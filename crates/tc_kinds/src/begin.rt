//! The caches that users begin with.
ghost use Rattle.std.specs.Prelude.{◌≡◌, map, IfOk};
ghost use Rattle.tc_fresh.specs.Beginning.{fresh_cache};

use crate::kind::Kind;
use std::alloc::Global;
use std::hash::RandomState;
use tc_item::NoMemory;
use tc_users::Users;

/// Makes an empty cache of the kind for each user, in the order of the users' numbers. All hash by
/// `hasher`. Fails if memory is refused.
pub fn begin_all<C: Kind>(
    alloc: Global,
    users: &Users,
    hasher: RandomState,
) -> Result<Vec<C>, NoMemory>
    ensures caches { IfOk result (λ caches. map C.settled caches.items
        ≡ map fresh_cache users.now) }
{
    let mut caches = Vec::with_capacity(alloc, users.len())?;
    for row in users.rows() {
        caches.push(C::begin(alloc, row.budget, row.largest, hasher)?)?;
    }
    Ok(caches)
}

(WORK TO BE COMPLETED)
All of the lines above must be returned exactly as they stand.

(SOLUTION BELOW)
filename crates/tc_kinds/src/begin.rt
//! The caches that users begin with.
ghost use Rattle.std.specs.Prelude.{◌≡◌, map, IfOk};
ghost use Rattle.tc_fresh.specs.Beginning.{fresh_cache};

use crate::kind::Kind;
use std::alloc::Global;
use std::hash::RandomState;
use tc_item::NoMemory;
use tc_users::Users;

/// Makes an empty cache of the kind for each user, in the order of the users' numbers. All hash by
/// `hasher`. Fails if memory is refused.
pub fn begin_all<C: Kind>(
    alloc: Global,
    users: &Users,
    hasher: RandomState,
) -> Result<Vec<C>, NoMemory>
    ensures caches { IfOk result (λ caches. map C.settled caches.items
        ≡ map fresh_cache users.now) }
{
    let mut caches = Vec::with_capacity(alloc, users.len())?;
    for row in users.rows() {
        caches.push(C::begin(alloc, row.budget, row.largest, hasher)?)?;
    }
    Ok(caches)
}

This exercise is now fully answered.